**Exercise data:**
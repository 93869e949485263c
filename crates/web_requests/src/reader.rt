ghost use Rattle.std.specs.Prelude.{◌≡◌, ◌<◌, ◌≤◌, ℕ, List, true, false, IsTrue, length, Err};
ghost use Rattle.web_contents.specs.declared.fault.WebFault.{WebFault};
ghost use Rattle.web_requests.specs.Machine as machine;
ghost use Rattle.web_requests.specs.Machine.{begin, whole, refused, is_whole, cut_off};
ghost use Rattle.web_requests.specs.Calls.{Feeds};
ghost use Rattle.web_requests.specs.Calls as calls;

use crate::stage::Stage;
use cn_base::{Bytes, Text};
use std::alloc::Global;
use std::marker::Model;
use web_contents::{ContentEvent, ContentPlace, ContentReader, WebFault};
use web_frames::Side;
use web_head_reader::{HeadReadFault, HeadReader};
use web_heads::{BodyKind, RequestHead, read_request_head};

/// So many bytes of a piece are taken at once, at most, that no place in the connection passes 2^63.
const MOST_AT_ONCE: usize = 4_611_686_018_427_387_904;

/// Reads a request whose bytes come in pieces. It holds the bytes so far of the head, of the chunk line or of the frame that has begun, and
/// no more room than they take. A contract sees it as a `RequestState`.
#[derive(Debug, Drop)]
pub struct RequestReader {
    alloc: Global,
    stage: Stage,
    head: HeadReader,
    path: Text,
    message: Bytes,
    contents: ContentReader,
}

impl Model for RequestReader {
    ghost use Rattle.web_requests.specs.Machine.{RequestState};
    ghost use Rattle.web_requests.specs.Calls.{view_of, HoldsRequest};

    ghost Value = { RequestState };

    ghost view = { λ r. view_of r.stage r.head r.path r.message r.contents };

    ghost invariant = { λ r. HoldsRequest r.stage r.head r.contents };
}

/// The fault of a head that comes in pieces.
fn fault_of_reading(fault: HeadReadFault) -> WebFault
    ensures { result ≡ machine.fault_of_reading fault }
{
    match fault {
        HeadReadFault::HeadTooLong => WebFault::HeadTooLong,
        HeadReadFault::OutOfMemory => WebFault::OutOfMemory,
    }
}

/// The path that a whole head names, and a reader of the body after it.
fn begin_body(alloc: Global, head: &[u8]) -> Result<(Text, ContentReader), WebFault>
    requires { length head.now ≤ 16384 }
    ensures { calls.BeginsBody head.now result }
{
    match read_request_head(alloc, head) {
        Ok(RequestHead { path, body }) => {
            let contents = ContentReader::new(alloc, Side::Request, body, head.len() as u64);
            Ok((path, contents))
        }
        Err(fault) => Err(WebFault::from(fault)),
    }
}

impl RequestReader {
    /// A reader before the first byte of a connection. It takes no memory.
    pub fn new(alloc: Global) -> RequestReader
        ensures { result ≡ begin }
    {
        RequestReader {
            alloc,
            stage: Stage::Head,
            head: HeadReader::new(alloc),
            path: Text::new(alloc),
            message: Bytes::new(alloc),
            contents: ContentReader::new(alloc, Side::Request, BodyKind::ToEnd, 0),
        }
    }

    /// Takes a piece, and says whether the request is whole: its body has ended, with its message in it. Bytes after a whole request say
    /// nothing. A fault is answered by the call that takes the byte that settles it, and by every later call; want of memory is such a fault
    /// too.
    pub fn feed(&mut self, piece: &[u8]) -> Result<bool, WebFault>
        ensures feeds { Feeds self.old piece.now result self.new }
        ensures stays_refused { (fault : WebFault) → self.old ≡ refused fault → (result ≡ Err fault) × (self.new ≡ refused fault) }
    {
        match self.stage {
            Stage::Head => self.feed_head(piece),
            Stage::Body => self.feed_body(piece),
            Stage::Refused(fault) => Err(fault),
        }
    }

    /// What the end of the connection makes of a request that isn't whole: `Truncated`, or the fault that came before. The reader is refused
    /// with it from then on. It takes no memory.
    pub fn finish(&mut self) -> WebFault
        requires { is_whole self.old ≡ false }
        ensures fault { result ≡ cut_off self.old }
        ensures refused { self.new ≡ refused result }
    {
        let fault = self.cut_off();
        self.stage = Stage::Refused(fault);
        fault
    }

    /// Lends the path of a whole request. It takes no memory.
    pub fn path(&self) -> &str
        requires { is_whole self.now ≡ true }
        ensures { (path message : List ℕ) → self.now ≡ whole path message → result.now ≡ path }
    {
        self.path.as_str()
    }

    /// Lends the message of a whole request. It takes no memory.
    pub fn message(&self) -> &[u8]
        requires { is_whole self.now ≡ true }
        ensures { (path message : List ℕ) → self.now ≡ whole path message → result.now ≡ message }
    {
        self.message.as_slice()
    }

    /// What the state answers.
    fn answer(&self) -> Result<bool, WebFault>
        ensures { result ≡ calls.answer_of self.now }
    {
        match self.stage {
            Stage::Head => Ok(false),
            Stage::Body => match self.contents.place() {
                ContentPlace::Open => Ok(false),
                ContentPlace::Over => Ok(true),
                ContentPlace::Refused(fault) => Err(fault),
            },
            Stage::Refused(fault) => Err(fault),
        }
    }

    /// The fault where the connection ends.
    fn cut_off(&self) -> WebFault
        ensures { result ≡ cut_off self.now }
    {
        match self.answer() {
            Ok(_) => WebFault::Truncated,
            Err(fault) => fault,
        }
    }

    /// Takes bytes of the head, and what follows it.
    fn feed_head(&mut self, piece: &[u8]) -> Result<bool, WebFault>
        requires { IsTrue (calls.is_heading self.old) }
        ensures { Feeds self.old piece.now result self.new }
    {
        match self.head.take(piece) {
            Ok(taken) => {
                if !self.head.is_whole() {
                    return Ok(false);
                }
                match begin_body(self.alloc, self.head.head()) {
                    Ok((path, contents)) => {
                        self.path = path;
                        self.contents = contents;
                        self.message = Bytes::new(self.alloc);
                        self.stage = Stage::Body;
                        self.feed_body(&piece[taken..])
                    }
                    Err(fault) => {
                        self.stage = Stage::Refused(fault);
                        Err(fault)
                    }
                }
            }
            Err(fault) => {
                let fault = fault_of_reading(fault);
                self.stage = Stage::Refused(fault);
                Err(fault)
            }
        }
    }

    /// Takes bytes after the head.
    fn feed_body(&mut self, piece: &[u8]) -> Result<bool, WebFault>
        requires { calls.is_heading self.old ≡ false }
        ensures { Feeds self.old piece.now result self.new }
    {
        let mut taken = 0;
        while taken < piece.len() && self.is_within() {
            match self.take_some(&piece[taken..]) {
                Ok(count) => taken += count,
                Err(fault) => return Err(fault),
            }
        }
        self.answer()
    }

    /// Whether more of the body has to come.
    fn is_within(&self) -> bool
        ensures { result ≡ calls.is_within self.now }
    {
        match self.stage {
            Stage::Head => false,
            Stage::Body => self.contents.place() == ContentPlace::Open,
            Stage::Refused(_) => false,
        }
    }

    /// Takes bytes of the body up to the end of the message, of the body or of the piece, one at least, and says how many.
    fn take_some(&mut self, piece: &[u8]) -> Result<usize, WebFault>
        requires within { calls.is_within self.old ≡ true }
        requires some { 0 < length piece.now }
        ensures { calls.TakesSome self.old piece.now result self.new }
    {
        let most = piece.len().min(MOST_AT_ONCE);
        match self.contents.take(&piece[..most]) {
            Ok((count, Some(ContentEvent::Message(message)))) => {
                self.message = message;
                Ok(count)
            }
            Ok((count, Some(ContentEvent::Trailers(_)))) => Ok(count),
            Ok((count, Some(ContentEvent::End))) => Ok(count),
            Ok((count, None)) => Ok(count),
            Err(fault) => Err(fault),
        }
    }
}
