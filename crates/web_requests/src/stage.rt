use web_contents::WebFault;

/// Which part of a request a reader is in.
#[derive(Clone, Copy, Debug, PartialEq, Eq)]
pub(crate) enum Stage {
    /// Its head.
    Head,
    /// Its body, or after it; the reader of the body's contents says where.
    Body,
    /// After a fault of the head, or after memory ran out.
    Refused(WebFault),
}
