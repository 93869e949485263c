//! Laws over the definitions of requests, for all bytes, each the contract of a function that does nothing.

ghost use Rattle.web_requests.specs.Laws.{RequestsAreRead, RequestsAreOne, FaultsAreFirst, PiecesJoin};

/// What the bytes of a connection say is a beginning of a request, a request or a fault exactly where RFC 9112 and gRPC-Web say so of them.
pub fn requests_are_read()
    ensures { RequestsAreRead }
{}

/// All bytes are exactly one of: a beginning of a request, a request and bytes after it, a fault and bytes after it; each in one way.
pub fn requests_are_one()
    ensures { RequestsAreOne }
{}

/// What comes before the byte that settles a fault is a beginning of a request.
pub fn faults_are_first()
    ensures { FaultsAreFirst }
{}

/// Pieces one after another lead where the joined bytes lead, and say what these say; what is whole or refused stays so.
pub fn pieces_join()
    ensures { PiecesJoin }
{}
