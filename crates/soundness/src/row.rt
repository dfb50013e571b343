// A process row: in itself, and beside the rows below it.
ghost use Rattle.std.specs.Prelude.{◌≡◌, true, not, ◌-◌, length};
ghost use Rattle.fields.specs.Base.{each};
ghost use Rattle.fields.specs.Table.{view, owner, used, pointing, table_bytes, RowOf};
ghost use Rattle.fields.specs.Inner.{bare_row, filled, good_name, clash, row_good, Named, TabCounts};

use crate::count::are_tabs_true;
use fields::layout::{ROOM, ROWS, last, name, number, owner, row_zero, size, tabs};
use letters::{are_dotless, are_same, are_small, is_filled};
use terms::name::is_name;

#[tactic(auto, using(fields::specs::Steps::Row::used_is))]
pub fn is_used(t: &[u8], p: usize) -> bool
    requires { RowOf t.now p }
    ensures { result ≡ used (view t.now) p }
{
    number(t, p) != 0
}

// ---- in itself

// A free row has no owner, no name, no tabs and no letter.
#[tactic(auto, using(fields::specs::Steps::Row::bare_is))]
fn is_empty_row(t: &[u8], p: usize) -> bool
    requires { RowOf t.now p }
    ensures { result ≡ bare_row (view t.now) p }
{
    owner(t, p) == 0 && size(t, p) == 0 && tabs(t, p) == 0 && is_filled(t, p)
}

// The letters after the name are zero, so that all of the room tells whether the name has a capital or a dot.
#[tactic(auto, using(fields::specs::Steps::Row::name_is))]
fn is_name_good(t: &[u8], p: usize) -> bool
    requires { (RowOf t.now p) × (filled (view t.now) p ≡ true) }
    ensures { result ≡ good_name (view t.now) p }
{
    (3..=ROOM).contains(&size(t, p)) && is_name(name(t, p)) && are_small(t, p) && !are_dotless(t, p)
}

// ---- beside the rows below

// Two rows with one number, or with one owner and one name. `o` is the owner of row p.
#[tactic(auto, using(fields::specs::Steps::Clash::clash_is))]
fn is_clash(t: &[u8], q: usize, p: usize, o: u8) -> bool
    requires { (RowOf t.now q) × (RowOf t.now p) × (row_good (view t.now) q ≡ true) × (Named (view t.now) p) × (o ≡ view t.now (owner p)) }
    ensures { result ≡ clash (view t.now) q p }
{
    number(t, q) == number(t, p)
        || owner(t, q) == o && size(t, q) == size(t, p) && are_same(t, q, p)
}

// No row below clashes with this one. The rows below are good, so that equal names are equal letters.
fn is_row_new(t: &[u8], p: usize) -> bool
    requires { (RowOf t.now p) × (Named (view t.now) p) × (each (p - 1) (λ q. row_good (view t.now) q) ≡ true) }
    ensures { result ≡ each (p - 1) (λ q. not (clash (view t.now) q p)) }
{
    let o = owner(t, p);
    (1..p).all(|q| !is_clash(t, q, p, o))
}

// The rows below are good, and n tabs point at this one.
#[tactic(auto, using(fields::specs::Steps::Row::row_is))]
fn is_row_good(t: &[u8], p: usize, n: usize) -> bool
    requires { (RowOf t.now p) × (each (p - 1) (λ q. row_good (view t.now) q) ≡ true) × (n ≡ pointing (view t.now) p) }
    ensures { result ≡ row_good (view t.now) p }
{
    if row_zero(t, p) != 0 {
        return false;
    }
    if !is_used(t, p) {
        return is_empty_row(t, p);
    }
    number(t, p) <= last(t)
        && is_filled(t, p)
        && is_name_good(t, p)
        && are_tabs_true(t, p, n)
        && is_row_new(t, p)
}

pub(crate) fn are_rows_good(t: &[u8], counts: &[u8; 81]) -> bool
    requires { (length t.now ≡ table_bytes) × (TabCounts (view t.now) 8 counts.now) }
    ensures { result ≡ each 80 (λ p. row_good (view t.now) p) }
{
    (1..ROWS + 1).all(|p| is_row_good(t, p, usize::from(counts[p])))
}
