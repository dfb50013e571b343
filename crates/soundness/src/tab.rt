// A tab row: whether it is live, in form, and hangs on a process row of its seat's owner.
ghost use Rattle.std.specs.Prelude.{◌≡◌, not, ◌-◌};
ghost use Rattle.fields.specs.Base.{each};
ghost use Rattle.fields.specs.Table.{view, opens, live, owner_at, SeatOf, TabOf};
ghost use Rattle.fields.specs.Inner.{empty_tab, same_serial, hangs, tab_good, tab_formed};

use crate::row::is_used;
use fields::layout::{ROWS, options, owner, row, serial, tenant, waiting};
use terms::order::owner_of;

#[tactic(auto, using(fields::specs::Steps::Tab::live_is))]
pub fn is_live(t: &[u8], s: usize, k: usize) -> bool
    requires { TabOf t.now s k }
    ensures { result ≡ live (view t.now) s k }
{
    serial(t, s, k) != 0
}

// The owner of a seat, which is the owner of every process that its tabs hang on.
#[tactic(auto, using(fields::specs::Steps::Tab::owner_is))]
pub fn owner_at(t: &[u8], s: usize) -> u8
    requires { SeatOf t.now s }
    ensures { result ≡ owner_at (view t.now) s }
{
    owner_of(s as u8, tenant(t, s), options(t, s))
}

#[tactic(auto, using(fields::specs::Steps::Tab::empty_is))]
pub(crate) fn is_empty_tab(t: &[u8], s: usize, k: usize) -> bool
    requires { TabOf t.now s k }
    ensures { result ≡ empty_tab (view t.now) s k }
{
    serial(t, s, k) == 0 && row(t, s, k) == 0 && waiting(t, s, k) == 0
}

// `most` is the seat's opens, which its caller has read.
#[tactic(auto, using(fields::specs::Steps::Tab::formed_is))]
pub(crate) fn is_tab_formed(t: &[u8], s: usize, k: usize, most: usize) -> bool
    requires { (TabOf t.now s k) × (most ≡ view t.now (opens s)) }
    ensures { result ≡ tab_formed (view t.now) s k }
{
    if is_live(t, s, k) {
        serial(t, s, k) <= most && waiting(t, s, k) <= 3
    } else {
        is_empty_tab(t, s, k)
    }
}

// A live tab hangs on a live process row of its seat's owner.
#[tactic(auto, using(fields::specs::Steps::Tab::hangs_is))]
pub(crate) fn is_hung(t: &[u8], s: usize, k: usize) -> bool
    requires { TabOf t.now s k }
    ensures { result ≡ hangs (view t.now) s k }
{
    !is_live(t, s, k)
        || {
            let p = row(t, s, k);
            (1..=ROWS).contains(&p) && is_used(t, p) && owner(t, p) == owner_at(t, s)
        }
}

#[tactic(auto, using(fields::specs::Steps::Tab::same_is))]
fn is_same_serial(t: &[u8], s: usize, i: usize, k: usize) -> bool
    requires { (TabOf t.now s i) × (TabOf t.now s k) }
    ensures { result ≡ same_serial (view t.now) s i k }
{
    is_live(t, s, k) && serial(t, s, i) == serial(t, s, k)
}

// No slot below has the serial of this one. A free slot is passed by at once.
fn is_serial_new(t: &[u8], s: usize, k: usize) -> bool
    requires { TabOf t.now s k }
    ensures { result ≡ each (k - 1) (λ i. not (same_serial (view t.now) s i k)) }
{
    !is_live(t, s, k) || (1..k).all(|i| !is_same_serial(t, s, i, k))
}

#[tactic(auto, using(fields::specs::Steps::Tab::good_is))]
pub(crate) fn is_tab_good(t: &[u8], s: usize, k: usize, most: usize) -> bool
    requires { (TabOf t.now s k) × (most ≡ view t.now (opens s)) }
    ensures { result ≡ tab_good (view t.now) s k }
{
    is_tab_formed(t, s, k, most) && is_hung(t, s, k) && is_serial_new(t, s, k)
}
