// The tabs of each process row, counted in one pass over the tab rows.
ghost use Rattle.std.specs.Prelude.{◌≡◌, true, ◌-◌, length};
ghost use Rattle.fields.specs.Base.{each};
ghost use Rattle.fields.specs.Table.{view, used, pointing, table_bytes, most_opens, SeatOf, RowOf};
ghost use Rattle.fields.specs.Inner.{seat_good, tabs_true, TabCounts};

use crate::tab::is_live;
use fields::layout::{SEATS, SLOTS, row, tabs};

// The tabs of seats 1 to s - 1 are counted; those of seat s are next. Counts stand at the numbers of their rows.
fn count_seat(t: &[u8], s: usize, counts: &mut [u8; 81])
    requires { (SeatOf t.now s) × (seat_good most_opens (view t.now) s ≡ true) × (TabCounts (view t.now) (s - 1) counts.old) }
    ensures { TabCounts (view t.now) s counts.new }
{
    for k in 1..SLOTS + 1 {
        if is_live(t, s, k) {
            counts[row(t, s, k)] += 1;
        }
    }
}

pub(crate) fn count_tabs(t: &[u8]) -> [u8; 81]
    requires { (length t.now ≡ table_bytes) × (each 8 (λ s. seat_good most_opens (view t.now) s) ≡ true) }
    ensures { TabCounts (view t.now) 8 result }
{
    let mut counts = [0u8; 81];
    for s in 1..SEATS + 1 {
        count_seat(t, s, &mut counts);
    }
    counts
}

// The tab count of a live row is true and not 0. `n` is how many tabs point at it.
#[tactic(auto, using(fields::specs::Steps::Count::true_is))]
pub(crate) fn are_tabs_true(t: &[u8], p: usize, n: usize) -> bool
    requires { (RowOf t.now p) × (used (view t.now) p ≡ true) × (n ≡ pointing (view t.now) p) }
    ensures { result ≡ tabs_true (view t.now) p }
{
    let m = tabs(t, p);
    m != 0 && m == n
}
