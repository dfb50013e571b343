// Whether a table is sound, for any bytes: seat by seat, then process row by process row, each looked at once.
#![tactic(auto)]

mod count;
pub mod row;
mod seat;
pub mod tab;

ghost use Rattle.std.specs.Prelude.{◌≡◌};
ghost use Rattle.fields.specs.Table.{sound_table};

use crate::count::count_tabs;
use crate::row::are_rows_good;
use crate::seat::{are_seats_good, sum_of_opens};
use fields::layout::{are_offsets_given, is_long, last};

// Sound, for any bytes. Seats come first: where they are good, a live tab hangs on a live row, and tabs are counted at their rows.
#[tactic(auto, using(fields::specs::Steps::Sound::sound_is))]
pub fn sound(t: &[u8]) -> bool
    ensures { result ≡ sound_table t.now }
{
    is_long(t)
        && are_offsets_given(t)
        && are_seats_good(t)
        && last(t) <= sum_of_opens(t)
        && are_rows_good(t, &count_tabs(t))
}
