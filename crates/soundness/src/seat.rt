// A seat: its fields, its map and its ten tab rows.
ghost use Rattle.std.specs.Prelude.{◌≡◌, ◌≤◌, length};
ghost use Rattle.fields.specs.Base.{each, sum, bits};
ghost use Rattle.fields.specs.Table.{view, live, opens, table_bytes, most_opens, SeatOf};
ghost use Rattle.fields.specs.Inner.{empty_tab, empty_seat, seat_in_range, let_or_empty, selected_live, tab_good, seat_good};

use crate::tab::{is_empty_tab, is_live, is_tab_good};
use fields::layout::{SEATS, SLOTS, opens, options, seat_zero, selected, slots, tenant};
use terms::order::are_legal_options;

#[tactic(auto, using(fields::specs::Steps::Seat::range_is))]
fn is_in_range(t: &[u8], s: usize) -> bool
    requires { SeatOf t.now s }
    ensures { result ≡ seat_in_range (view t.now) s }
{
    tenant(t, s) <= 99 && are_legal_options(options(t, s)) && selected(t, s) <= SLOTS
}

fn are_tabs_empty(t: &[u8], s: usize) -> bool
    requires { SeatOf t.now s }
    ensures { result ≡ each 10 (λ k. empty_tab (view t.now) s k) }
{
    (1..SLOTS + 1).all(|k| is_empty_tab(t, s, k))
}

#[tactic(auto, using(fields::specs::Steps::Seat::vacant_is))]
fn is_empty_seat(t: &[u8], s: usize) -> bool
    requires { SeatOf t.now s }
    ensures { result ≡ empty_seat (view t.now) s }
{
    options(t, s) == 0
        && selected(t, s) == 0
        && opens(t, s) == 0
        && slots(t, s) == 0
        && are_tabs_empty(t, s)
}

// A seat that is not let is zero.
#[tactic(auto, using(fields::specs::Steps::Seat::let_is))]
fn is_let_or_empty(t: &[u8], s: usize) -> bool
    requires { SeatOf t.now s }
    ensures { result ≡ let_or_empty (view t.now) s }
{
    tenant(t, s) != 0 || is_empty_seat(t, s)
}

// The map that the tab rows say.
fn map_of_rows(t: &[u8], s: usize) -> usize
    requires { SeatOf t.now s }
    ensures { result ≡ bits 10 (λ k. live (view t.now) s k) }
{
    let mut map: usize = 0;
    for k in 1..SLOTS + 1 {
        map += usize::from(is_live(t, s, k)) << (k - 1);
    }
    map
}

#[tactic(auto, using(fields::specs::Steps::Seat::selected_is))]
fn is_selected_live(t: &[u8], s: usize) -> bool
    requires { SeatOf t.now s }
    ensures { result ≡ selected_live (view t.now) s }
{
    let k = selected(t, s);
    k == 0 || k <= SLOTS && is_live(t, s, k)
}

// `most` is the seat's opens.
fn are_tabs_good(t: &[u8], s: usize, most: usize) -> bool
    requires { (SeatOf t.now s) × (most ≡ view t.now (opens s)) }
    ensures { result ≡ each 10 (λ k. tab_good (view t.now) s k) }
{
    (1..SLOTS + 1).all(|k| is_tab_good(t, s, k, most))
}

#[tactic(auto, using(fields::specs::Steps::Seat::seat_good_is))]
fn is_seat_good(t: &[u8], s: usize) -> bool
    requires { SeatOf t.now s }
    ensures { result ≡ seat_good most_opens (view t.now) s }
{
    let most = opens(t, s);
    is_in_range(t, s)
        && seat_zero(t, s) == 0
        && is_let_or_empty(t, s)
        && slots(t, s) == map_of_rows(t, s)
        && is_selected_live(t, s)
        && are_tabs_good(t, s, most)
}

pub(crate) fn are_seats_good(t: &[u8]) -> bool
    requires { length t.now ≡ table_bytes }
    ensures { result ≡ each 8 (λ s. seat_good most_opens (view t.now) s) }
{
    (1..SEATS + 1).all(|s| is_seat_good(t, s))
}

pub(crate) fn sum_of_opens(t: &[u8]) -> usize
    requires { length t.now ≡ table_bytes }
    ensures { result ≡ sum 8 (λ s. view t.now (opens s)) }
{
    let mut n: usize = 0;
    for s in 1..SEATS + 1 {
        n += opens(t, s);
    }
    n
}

**What needs to be done:** Take the entries above and copy them exactly from the first line through the line with "use web_frames::Side;"; leave out every line after it.

**Solution:**
repository 93869e949485263c
filename crates/web_requests/src/reader.rt
ghost use Rattle.std.specs.Prelude.{◌≡◌, ◌<◌, ◌≤◌, ℕ, List, true, false, IsTrue, length, Err};
ghost use Rattle.web_contents.specs.declared.fault.WebFault.{WebFault};
ghost use Rattle.web_requests.specs.Machine as machine;
ghost use Rattle.web_requests.specs.Machine.{begin, whole, refused, is_whole, cut_off};
ghost use Rattle.web_requests.specs.Calls.{Feeds};
ghost use Rattle.web_requests.specs.Calls as calls;

use crate::stage::Stage;
use cn_base::{Bytes, Text};
use std::alloc::Global;
use std::marker::Model;
use web_contents::{ContentEvent, ContentPlace, ContentReader, WebFault};
use web_frames::Side;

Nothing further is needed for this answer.